In a darkened control room in Navi Mumbai, 100 operators oversee bots monitoring 30,000 ATMs across India. These cameras and sensors are doing the jobs that once required 60,000 security guards. This is just one illustration of how automation is reshaping and often eliminating jobs that form the backbone of India's middle class. With stable incomes under pressure, many are forced to explore riskier avenues for making money. For instance, VS, a 27-year-old BTech graduate from Bhilwara, is battling the fallout of losing nearly all his family’s savings in stock market trading. Alongside him, Rahul, a food delivery agent, turns to personal loans to cover essential expenses, highlighting a troubling trend: educated individuals from diverse backgrounds struggling under overlapping financial burdens.

The crisis facing India's middle class is not just individual stories of failure but a reflection of a larger economic framework under severe pressure. The white-collar job market has shrunk drastically, with growth rates plummeting from 11% to just 1%. Automation has been quietly wiping out middle-skill jobs for years, and now, with advances in AI, the situation is worsening. Predictions suggest up to three million jobs could be lost in IT and customer service due to these technologies.

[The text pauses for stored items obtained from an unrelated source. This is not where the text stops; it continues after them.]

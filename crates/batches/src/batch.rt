//! A batch that is being written.
ghost use Rattle.std.specs.Prelude.{◌≡◌, ◌↔◌, ◌+◌, ◌<◌, ◌≤◌, ◌^◌, ◌++◌, ◌∷◌, [], ℕ, List, length, take, drop, true, IfOk, OnOk, OnErr};
ghost use Rattle.std.specs.Int.{w32, to_be_bytes};
ghost use Rattle.records.specs.Spelling.{spell};
ghost use Rattle.batches.specs.Batches.{batch_head};
ghost use Rattle.batches.specs.Contents.{IsContent, IsContentOf};

use ballot::Memory;
use records::{LARGEST_PAYLOAD, RECORD_HEAD, seal};
use std::alloc::{Allocator, Global};
use std::marker::Model;

/// What a file of batches begins with: a magic, and the version.
const MAGIC: &[u8] = b"mdropd\0\x02";

/// How many bytes stand before a payload.
const LENGTH: usize = 4;

/// A batch that is being written. Contracts see its content so far.
#[derive(Drop)]
pub struct Batch<A: Allocator = Global> {
    /// Room for the head of the batch's record, and the content. There is no room yet if nothing was added.
    bytes: Vec<u8, A>,
}

impl<A: Allocator> Model for Batch<A> {
    ghost use Rattle.std.specs.Prelude.{ℕ, List, drop};
    ghost use Rattle.records.specs.declared.place.TheConstants.{RECORD_HEAD};
    ghost use Rattle.batches.specs.Contents.{IsContent};

    ghost Value = { List ℕ };

    ghost view = { λ b. drop RECORD_HEAD b.bytes.items };

    ghost invariant = { λ b. IsContent (drop RECORD_HEAD b.bytes.items) };
}

/// Makes room for the head of a record before a content, if there is none. After an error there is none, and no content.
fn make_room<A: Allocator>(bytes: &mut Vec<u8, A>) -> Result<(), Memory>
    ensures room { OnOk result (RECORD_HEAD ≤ length bytes.new.items) }
    ensures content { drop RECORD_HEAD bytes.new.items ≡ drop RECORD_HEAD bytes.old.items }
{
    if bytes.len() < RECORD_HEAD {
        bytes.clear();
        bytes.extend_from_slice(&[0; RECORD_HEAD])?;
    }
    Ok(())
}

/// Adds a payload to a content. After an error a part of it may stand there.
fn put_payload<A: Allocator>(content: &mut Vec<u8, A>, payload: &[u8]) -> Result<(), Memory>
    requires { length payload.now < 2 ^ 32 }
    ensures ok { OnOk result (content.new.items ≡ content.old.items ++ (to_be_bytes w32 (length payload.now) ++ payload.now)) }
    ensures kept { take (length content.old.items) content.new.items ≡ content.old.items }
{
    content.extend_from_slice(&(payload.len() as u32).to_be_bytes())?;
    content.extend_from_slice(payload)?;
    Ok(())
}

/// Adds a payload to a content that stands after the room for a head. After an error the content is as it was.
fn put_whole<A: Allocator>(bytes: &mut Vec<u8, A>, payload: &[u8]) -> Result<(), Memory>
    requires { length payload.now < 2 ^ 32 }
    ensures ok { OnOk result (drop RECORD_HEAD bytes.new.items ≡ drop RECORD_HEAD bytes.old.items ++ (to_be_bytes w32 (length payload.now) ++ payload.now)) }
    ensures kept { OnErr result (drop RECORD_HEAD bytes.new.items ≡ drop RECORD_HEAD bytes.old.items) }
{
    make_room(bytes)?;
    let before = bytes.len();
    let written = put_payload(bytes, payload);
    if written.is_err() {
        bytes.truncate(before);
    }
    written
}

/// Adds the head of a file. After an error a part of it may stand there.
fn put_all_head<A: Allocator>(out: &mut Vec<u8, A>, salt: u64) -> Result<(), Memory>
    ensures ok { OnOk result (out.new.items ≡ out.old.items ++ batch_head salt) }
    ensures kept { take (length out.old.items) out.new.items ≡ out.old.items }
{
    out.extend_from_slice(MAGIC)?;
    out.extend_from_slice(&salt.to_be_bytes())?;
    Ok(())
}

/// Adds the head of a file of batches with this salt. After an error `out` is as it was.
pub fn put_head<A: Allocator>(out: &mut Vec<u8, A>, salt: u64) -> Result<(), Memory>
    ensures value { OnOk result (out.new.items ≡ out.old.items ++ batch_head salt) }
    ensures kept { OnErr result (out.new.items ≡ out.old.items) }
{
    let before = out.len();
    let written = put_all_head(out, salt);
    if written.is_err() {
        out.truncate(before);
    }
    written
}

impl<A: Allocator> Batch<A> {
    /// No payloads yet. Takes no memory.
    pub fn new(alloc: A) -> Self
        ensures { result ≡ [] }
    {
        Batch {
            bytes: Vec::new(alloc),
        }
    }

    /// No payloads yet, in the memory of bytes that aren't needed any more.
    pub fn in_place_of(mut memory: Vec<u8, A>) -> Self
        ensures { result ≡ [] }
    {
        memory.clear();
        Batch { bytes: memory }
    }

    /// How many bytes its content has.
    pub fn size(&self) -> usize
        ensures size { result ≡ length self.now }
        ensures content { IsContent self.now }
    {
        self.bytes.len().saturating_sub(RECORD_HEAD)
    }

    /// Whether no payload was added.
    pub fn is_empty(&self) -> bool
        ensures { result ≡ true ↔ self.now ≡ [] }
    {
        self.size() == 0
    }

    /// Whether there is room for a payload of this size.
    pub fn has_room(&self, size: usize) -> bool
        ensures { result ≡ true ↔ length self.now + (LENGTH + size) ≤ LARGEST_PAYLOAD }
    {
        let room = LARGEST_PAYLOAD - self.size();
        room >= LENGTH && room - LENGTH >= size
    }

    /// Adds a payload. After an error nothing has changed.
    pub fn add(&mut self, payload: &[u8]) -> Result<(), Memory>
        requires { length self.old + (LENGTH + length payload.now) ≤ LARGEST_PAYLOAD }
        ensures added { (payloads : List (List ℕ)) → IsContentOf payloads self.old → OnOk result (IsContentOf (payloads ++ payload.now ∷ []) self.new) }
        ensures size { OnOk result (length self.new ≡ length self.old + (LENGTH + length payload.now)) }
        ensures kept { OnErr result (self.new ≡ self.old) }
    {
        put_whole(&mut self.bytes, payload)
    }

    /// The batch's record, which stands at this place of a file with this salt. No payload is copied.
    pub fn into_record(mut self, salt: u64, place: u64) -> Result<Vec<u8, A>, Memory>
        ensures { IfOk result (λ bytes. bytes.items ≡ spell salt place self) }
    {
        make_room(&mut self.bytes)?;
        seal(&mut self.bytes, salt, place)?;
        Ok(self.bytes)
    }
}
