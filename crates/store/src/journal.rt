//! The journal of an epoch: writes what the epoch's commands change into its segment, and answers once it is on the disk.
ghost use Rattle.std.specs.Prelude.{◌≡◌, ◌<◌, ◌+◌, ◌%◌, ◌^◌, ◌⊎◌, ◌++◌, ◌∷◌, [], true, false, List, ℕ, length, IfOk, IfSome};
ghost use Rattle.std.specs.declared.alloc.Global.{Global};
ghost use Rattle.maildrop.specs.declared.command.Command.{Command};
ghost use Rattle.store.specs.Whole.{IsEnded, IsNumbered, IsWhole};
ghost use Rattle.store.specs.Running.{HaveTaken, IsAddition, TakesSuch, decided_of};

use crate::device::Device;
use crate::file_device::FileDevice;
use crate::opened::{EndedSegment, OpenedSegment};
use crate::pending::{Closed, Pending};
use crate::running::Running;
use ballot::{Memory, Slot};
use ledger::Ledger;
use maildrop::SharedCommand;
use std::alloc::Global;
use std::sync::{Condvar, Mutex, Wait};

/// What performs the commands of an epoch in their decided order.
pub trait Performer {
    /// These commands, each with its slot, are those that it has performed after the first so many, in their order.
    ghost performed: { Self → ℕ → List (ℕ × Command Global) → Type 0 };

    /// The commands that it has performed after the first `taken`, in their order, each with its slot. `None` if they aren't
    /// known any more.
    fn performed_after(&self, taken: u64) -> Result<Option<Vec<(Slot, SharedCommand)>>, Memory>
        ensures { IfOk result (λ known. IfSome known (λ commands. performed self.now taken commands.items)) };
}

/// What is to be written, and what was.
#[derive(Drop)]
struct State {
    alloc: Global,
    ledger: Ledger,
    /// The entries that nobody is writing yet.
    pending: Pending,
    /// How many times entries were added to those that are pending.
    added: u64,
    /// How many of these times are on the disk.
    synced: u64,
    /// Whether somebody is writing.
    is_busy: bool,
    has_failed: bool,
}

/// The journal of an epoch. Threads share it. It keeps maildrops of its own, so that it knows what each command changes.
#[derive(Drop)]
pub struct Journal<D: Device> {
    state: Mutex<State>,
    /// Somebody has written.
    written: Condvar,
    file: Mutex<Running<D>>,
}

impl State {
    /// Takes the next command, and adds what it changes to the entries that are pending.
    fn take(&mut self, slot: u64, command: &SharedCommand) -> bool
        ensures taken { result ≡ true → HaveTaken (decided_of ((slot, command.now) ∷ [])) self.old.ledger self.old.pending self.new.ledger self.new.pending }
        ensures rest { self.new ≡ record self.old { ledger = self.new.ledger; pending = self.new.pending } }
    {
        let mut payload = Vec::new(self.alloc);
        match self.ledger.take(slot, command.get(), &mut payload) {
            Ok(true) => self.pending.add(&payload, self.added).is_ok(),
            Ok(false) => true,
            Err(_) => false,
        }
    }

    /// Takes commands. Answers false if one can't be taken.
    fn take_all(&mut self, commands: &[(Slot, SharedCommand)]) -> bool
        ensures taken { result ≡ true → HaveTaken (decided_of commands.now) self.old.ledger self.old.pending self.new.ledger self.new.pending }
        ensures rest { self.new ≡ record self.old { ledger = self.new.ledger; pending = self.new.pending } }
    {
        for one in commands {
            if !self.take(one.0.get(), &one.1) {
                return false;
            }
        }
        true
    }

    /// Takes the commands that the performer returns, those after the ones that the ledger has taken. Answers whether all of
    /// them were taken. If the performer answers `None` or `Memory` nothing changes. Fails for good if a command can't be
    /// taken.
    fn take_performed<P: Performer>(&mut self, performer: &P) -> bool
        ensures taken { result ≡ true → TakesSuch (P.performed performer.now self.old.ledger.taken) self.old.ledger self.old.pending self.new.ledger self.new.pending }

        // The entries that it adds are counted as one time, if there are any.
        ensures counted { result ≡ true → length self.old.pending < length self.new.pending → self.new.added ≡ (self.old.added + 1) % 2 ^ 64 }
        ensures uncounted { result ≡ true → self.new.pending ≡ self.old.pending → self.new.added ≡ self.old.added }
        ensures all_counted { result ≡ true → self.new.added ≡ self.old.added → self.new.pending ≡ self.old.pending }
        ensures none_counted { result ≡ false → self.new.added ≡ self.old.added }

        // Once it has failed nothing changes any more.
        ensures again { self.old.has_failed ≡ true → (result ≡ false) × (self.new ≡ self.old) }
        ensures failed { result ≡ false → (self.new ≡ self.old) ⊎ (self.new.has_failed ≡ true) }
        ensures goes_on { result ≡ true → self.new.has_failed ≡ false }

        // What is written is left to others.
        ensures synced { self.new.synced ≡ self.old.synced }
        ensures busy { self.new.is_busy ≡ self.old.is_busy }
    {
        if self.has_failed {
            return false;
        }
        let Ok(Some(commands)) = performer.performed_after(self.ledger.taken()) else {
            return false;
        };
        let before = self.pending.size();
        if !self.take_all(&commands) {
            self.has_failed = true;
            return false;
        }
        let now = self.pending.size();
        if now > before {
            self.added = self.added.wrapping_add(1);
        }
        true
    }
}

impl State {
    /// The oldest batch that is pending, with the time up to which all is in it or was taken before. The caller writes it, and
    /// nobody else does meanwhile.
    fn begin_write(&mut self) -> Closed
        ensures taken { self.old.pending ≡ result.batch ++ self.new.pending }
        ensures entries { IsAddition result.batch }
        ensures ledger { self.new.ledger ≡ self.old.ledger }
        ensures busy { self.new.is_busy ≡ true }
        ensures rest { self.new ≡ record self.old { pending = self.new.pending; is_busy = self.new.is_busy } }
    {
        self.is_busy = true;
        self.pending.take(self.added)
    }

    /// All that was added up to this time is on the disk, or the write has failed.
    fn end_write(&mut self, upto: u64, is_written: bool)
        ensures written { is_written ≡ true → (self.new.synced ≡ upto) × (self.new.has_failed ≡ self.old.has_failed) }
        ensures failed { is_written ≡ false → (self.new.synced ≡ self.old.synced) × (self.new.has_failed ≡ true) }
        ensures free { self.new.is_busy ≡ false }
        ensures pending { self.new.pending ≡ self.old.pending }
        ensures rest { self.new ≡ record self.old { synced = self.new.synced; is_busy = self.new.is_busy; has_failed = self.new.has_failed } }
    {
        self.is_busy = false;
        if is_written {
            self.synced = upto;
        } else {
            self.has_failed = true;
        }
    }
}

impl<D: Device> Journal<D> {
    /// The journal of an epoch that begins with this ledger. Its entries are added to this segment.
    pub fn new(alloc: Global, ledger: Ledger, segment: OpenedSegment<D>) -> Self {
        Journal {
            state: Mutex::new(State {
                alloc,
                ledger,
                pending: Pending::new(alloc),
                added: 0,
                synced: 0,
                is_busy: false,
                has_failed: false,
            }),
            written: Condvar::new(),
            file: Mutex::new(Running::new(segment)),
        }
    }

    /// Takes the commands that the performer returns, and waits until what they and those taken before them change is on the
    /// disk. A thread that finds no other one writing writes for all that wait, one batch after another. If nothing is left to
    /// write it doesn't wait.
    ///
    /// False if the performer answers `None` or `Memory`, or if a command couldn't be taken or a write has failed, in this call
    /// or before. After the last two it is false for good.
    pub fn settle<R: Wait, P: Performer>(&self, rt: &R, performer: &P) -> bool {
        let mut state = self.state.lock(rt);
        if !state.take_performed(performer) {
            return false;
        }
        let mark = state.added;
        for _ in rt.forever() {
            if state.has_failed {
                return false;
            }
            if state.synced >= mark {
                return true;
            }
            if state.is_busy {
                state = self.written.wait(rt, state);
                continue;
            }
            let oldest = state.begin_write();
            let upto = oldest.upto;
            drop(state);
            let is_written = self.file.lock(rt).commit(oldest.batch);
            state = self.state.lock(rt);
            state.end_write(upto, is_written);
            self.written.notify_all();
        }
        false
    }

    /// The file, once no thread has the journal. The bytes that are on the disk for good are a segment: its whole snapshot, and
    /// whole entries.
    pub fn into_device(self) -> D
        ensures { IsWhole (D.synced result) }
    {
        self.file.into_inner().into_device()
    }

    /// Ends the segment, once no thread has the journal: adds an empty batch, waits until it is on the disk, and returns the
    /// file, and what `DataFolder::note_clean` notes. Nothing more can be written then. If that fails, or if a call of `settle`
    /// has failed, the segment isn't ended, and only the file is returned.
    pub fn finish(self) -> Result<(D, EndedSegment), D>
    where
        D: Drop,
        ensures ended { IfOk result (λ r. IsEnded (D.synced r.0)) }
        ensures numbered { IfOk result (λ r. IsNumbered r.1.number r.1.salt r.1.size (D.synced r.0)) }
    {
        let state = self.state.into_inner();
        if state.has_failed {
            return Err(self.file.into_inner().into_device());
        }
        self.file.into_inner().finish(state.alloc)
    }

    /// Whether a call of `settle` has failed for good.
    pub fn has_failed<R: Wait>(&self, rt: &R) -> bool {
        self.state.lock(rt).has_failed
    }

    /// Whether a write has failed. If `has_failed` answers true without that, memory was wanting: all of which a call of `settle`
    /// has answered true is on the disk.
    pub fn has_failed_write<R: Wait>(&self, rt: &R) -> bool {
        self.file.lock(rt).has_failed_write()
    }
}

impl Journal<FileDevice> {
    /// Whether a write was refused since another process uses the file or the folder. `has_failed` answers true then.
    pub fn is_in_use<R: Wait>(&self, rt: &R) -> bool {
        self.file.lock(rt).device().is_in_use()
    }
}
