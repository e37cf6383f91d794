//! `maildropd sim`: plays a script against a whole service, and writes what comes of each line.
#![tactic(auto)]

mod deliveries;
mod events;
mod fault;
mod operations;
mod play;
mod reading;
mod refusal;
mod report;
mod run;
mod service;
mod sessions;
mod sim;
mod undelivered;

pub use sim::{SimEnd, sim_run};
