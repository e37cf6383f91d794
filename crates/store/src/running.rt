//! A segment whose epoch runs.
ghost use Rattle.std.specs.Prelude.{◌≡◌, ◌++◌, [], true, false, IfOk, IfErr};
ghost use Rattle.store.specs.Device.{BeginsWith};
ghost use Rattle.store.specs.Running.{IsAddition, IsCommitted};
ghost use Rattle.store.specs.Whole.{IsEnded, IsNumbered, IsWhole};

use crate::device::Device;
use crate::growing::Growing;
use crate::opened::{EndedSegment, OpenedSegment};
use batches::Batch;
use std::alloc::Global;
use std::marker::Model;

/// The file of a segment whose epoch runs. The bytes that are on the disk for good are its whole snapshot and whole entries.
/// A write that failed, or one that was not synced, may leave more bytes after them.
#[derive(Drop)]
pub(crate) struct Running<D: Device> {
    file: Growing<D>,
    number: u64,
    salt: u64,
    /// How many bytes are on the disk.
    size: u64,
}

impl<D: Device> Model for Running<D> {
    ghost use Rattle.store.specs.Growing.{RunningFile};
    ghost use Rattle.store.specs.Whole.{IsNumbered};

    ghost Value = { RunningFile D };

    ghost view = { λ r. record { number = r.number; salt = r.salt; size = r.size; file = r.file } };

    ghost invariant = { λ r. IsNumbered r.number r.salt r.size (D.synced r.file.device) };
}

impl<D: Device> Running<D> {
    /// The file of a segment that is open to append.
    pub(crate) fn new(segment: OpenedSegment<D>) -> Self
        ensures { result ≡ record { number = segment.number; salt = segment.salt; size = segment.size; file = record { device = segment.device; failed = false } } }
    {
        let parts = segment.into_parts();
        Running {
            file: Growing::new(parts.device),
            number: parts.number,
            salt: parts.salt,
            size: parts.size,
        }
    }

    /// Adds a batch of entries, and waits until it is on the disk. False if memory ran out or the file has failed.
    pub(crate) fn commit(&mut self, batch: Batch) -> bool
        requires { IsAddition batch }
        ensures kept { result ≡ true → IsCommitted self.old.salt (D.synced self.old.file.device) batch (D.synced self.new.file.device) }
        ensures none_lost { result ≡ false → D.synced self.new.file.device ≡ D.synced self.old.file.device }
    {
        let Ok(bytes) = batch.into_record(self.salt, self.size) else {
            return false;
        };
        let Some(size) = self.size.checked_add(bytes.len() as u64) else {
            return false;
        };
        match self.file.commit(&bytes) {
            Ok(()) => {
                self.size = size;
                true
            }
            Err(_) => false,
        }
    }

    /// What there is of the segment once it is ended.
    fn ended(&self) -> EndedSegment
        ensures number { result.number ≡ self.now.number }
        ensures salt { result.salt ≡ self.now.salt }
        ensures size { result.size ≡ self.now.size }
        ensures numbered { IsNumbered self.now.number self.now.salt self.now.size (D.synced self.now.file.device) }
    {
        EndedSegment::new(self.number, self.salt, self.size)
    }

    /// Ends the segment: adds an empty batch, waits until it is on the disk, and returns the file, and what can be noted of it.
    /// So damage of a batch that has entries isn't taken for a torn end. If that fails, returns the file, which has failed.
    pub(crate) fn finish(mut self, alloc: Global) -> Result<(D, EndedSegment), D>
    where
        D: Drop,
        ensures added { IfOk result (λ r. IsCommitted self.salt (D.synced self.file.device) [] (D.synced r.0)) }
        ensures ended { IfOk result (λ r. IsEnded (D.synced r.0)) }
        ensures numbered { IfOk result (λ r. IsNumbered r.1.number r.1.salt r.1.size (D.synced r.0)) }
        ensures none_lost { IfErr result (λ device. D.synced device ≡ D.synced self.file.device) }
    {
        // Only a proof reads it, and what its clause says.
        let _before = self.ended();
        if !self.commit(Batch::new(alloc)) {
            return Err(self.file.into_device());
        }
        let ended = self.ended();
        Ok((self.file.into_device(), ended))
    }

    /// Whether a write has failed.
    pub(crate) fn has_failed_write(&self) -> bool
        ensures { result ≡ self.now.file.failed }
    {
        self.file.has_failed()
    }

    /// The file, to look at.
    pub(crate) fn device(&self) -> &D
        ensures { result.now ≡ self.now.file.device }
    {
        self.file.device()
    }

    /// The file.
    pub(crate) fn into_device(self) -> D
        ensures device { result ≡ self.file.device }
        ensures whole { IsWhole (D.synced result) }
    {
        self.file.into_device()
    }
}
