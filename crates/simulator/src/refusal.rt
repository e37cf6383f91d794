//! Why a service refuses an event, as a script's output reports it.
ghost use Rattle.std.specs.Prelude.{◌≡◌, IfOk, OnOk, OnErr};
ghost use Rattle.script.specs.Output.{refusal_line};
ghost use Rattle.simulator.specs.Refusals.{refused_line};

use ballot::Memory;
use script::Refusal;
use world::Refused;

/// The refusal that is reported. Out of memory is none: the script ends.
pub(crate) fn refusal_of(refused: Refused) -> Result<Refusal, Memory>
    ensures line { IfOk result (λ refusal. refusal_line refusal ≡ refused_line refused) }
    ensures known { OnOk result (refused ≡ Refused.Memory → ⊥) }
    ensures memory { OnErr result (refused ≡ Refused.Memory) }
{
    match refused {
        Refused::NotSent => Ok(Refusal::NotSent),
        Refused::Down => Ok(Refusal::Down),
        Refused::NoSession => Ok(Refusal::NoSession),
        Refused::Busy => Ok(Refusal::Busy),
        Refused::NoSuchUser => Ok(Refusal::NoSuchUser),
        Refused::SessionExists => Ok(Refusal::SessionExists),
        Refused::Memory => Err(Memory),
    }
}
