//! The note that a clean stop leaves in the folder.
ghost use Rattle.std.specs.Prelude.{◌≡◌, ◌+◌, ◌≤◌, List, ℕ, length, take, drop, Some, IfOk, IfSome};
ghost use Rattle.std.specs.Int.{w64, from_be_bytes};
ghost use Rattle.store.specs.Notes.{FitsNote, note_bytes, note_payload};

use ballot::Memory;
use records::append;
use std::alloc::Global;

/// What the file of a note begins with: `mdclean` and the version 1.
const MAGIC: [u8; 8] = [109, 100, 99, 108, 101, 97, 110, 1];

/// Where its one record stands.
const PLACE: u64 = 8;

/// Where the payload of this stands, and how many bytes the file has.
const PAYLOAD: usize = 20;

const SIZE: usize = 52;

/// Which segment was the newest one when a service ended in order, and what its file had.
#[derive(Clone, Copy, Debug, PartialEq, Eq)]
pub struct CleanNote {
    /// The number of the segment.
    pub number: u64,
    /// Its salt.
    pub salt: u64,
    /// How many bytes its file had.
    pub size: u64,
}

/// The payload of the record: three numbers of eight bytes.
fn payload_of(alloc: Global, note: &CleanNote) -> Result<Vec<u8>, Memory>
    ensures { IfOk result (λ payload. payload.items ≡ note_payload note.now) }
{
    let mut payload = Vec::new(alloc);
    payload.extend_from_slice(&note.number.to_be_bytes())?;
    payload.extend_from_slice(&note.salt.to_be_bytes())?;
    payload.extend_from_slice(&note.size.to_be_bytes())?;
    Ok(payload)
}

/// The bytes of the file of a note.
pub(crate) fn spell_note(alloc: Global, note: &CleanNote) -> Result<Vec<u8>, Memory>
    ensures { IfOk result (λ bytes. bytes.items ≡ note_bytes note.now) }
{
    let payload = payload_of(alloc, note)?;
    let mut bytes = Vec::new(alloc);
    bytes.extend_from_slice(&MAGIC)?;
    append(&mut bytes, note.salt, PLACE, &payload)?;
    Ok(bytes)
}

/// The number of eight bytes that stands at this place.
fn number_at(bytes: &[u8], place: usize) -> u64
    requires { place + 8 ≤ length bytes.now }
    ensures { result ≡ from_be_bytes w64 (take 8 (drop place bytes.now)) }
{
    let (_, rest) = bytes.split_at(place);
    u64::from_be_bytes([
        rest[0], rest[1], rest[2], rest[3], rest[4], rest[5], rest[6], rest[7],
    ])
}

/// The numbers that stand in the file of a note, if it has the size of one.
fn numbers_in(bytes: &[u8]) -> Option<CleanNote>
    ensures { (note : CleanNote) → FitsNote note → bytes.now ≡ note_bytes note → result ≡ Some note }
{
    if bytes.len() != SIZE {
        return None;
    }
    Some(CleanNote {
        number: number_at(bytes, PAYLOAD),
        salt: number_at(bytes, PAYLOAD + 8),
        size: number_at(bytes, PAYLOAD + 16),
    })
}

/// The note whose file has these bytes. `None` if that of no note does.
pub(crate) fn parse_note(alloc: Global, bytes: &[u8]) -> Result<Option<CleanNote>, Memory>
    // Whatever was changed in a file, it isn't taken for another note.
    ensures spelled { IfOk result (λ note. IfSome note (λ n. bytes.now ≡ note_bytes n)) }
    // A note that was written is read back.
    ensures read_back { (note : CleanNote) → FitsNote note → bytes.now ≡ note_bytes note → IfOk result (λ n. n ≡ Some note) }
{
    let Some(note) = numbers_in(bytes) else {
        return Ok(None);
    };
    let spelled = spell_note(alloc, &note)?;
    if spelled.as_slice() == bytes {
        Ok(Some(note))
    } else {
        Ok(None)
    }
}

The true cost of living for middle-class families is doubling every eight years, straining budgets that often remain flat. Nearly half of Indian families are buried under personal debt, financing daily survival—an alarming statistic considering its implications for India's economy, which relies heavily on consumer spending. This debt isn’t building future wealth; instead, it’s entrenching a cycle of consumption that does little to invest in growth.

Graduates from prestigious institutions are now facing falling salaries and rising unemployment rates, with many struggling to find any job, let alone one aligned with their education. As this educated class becomes increasingly disenfranchised, it's clear that the foundation upon which India's economic model has been built is starting to crack. The question looms: Can the middle class—the engine of India's growth—sustain itself in the coming decade?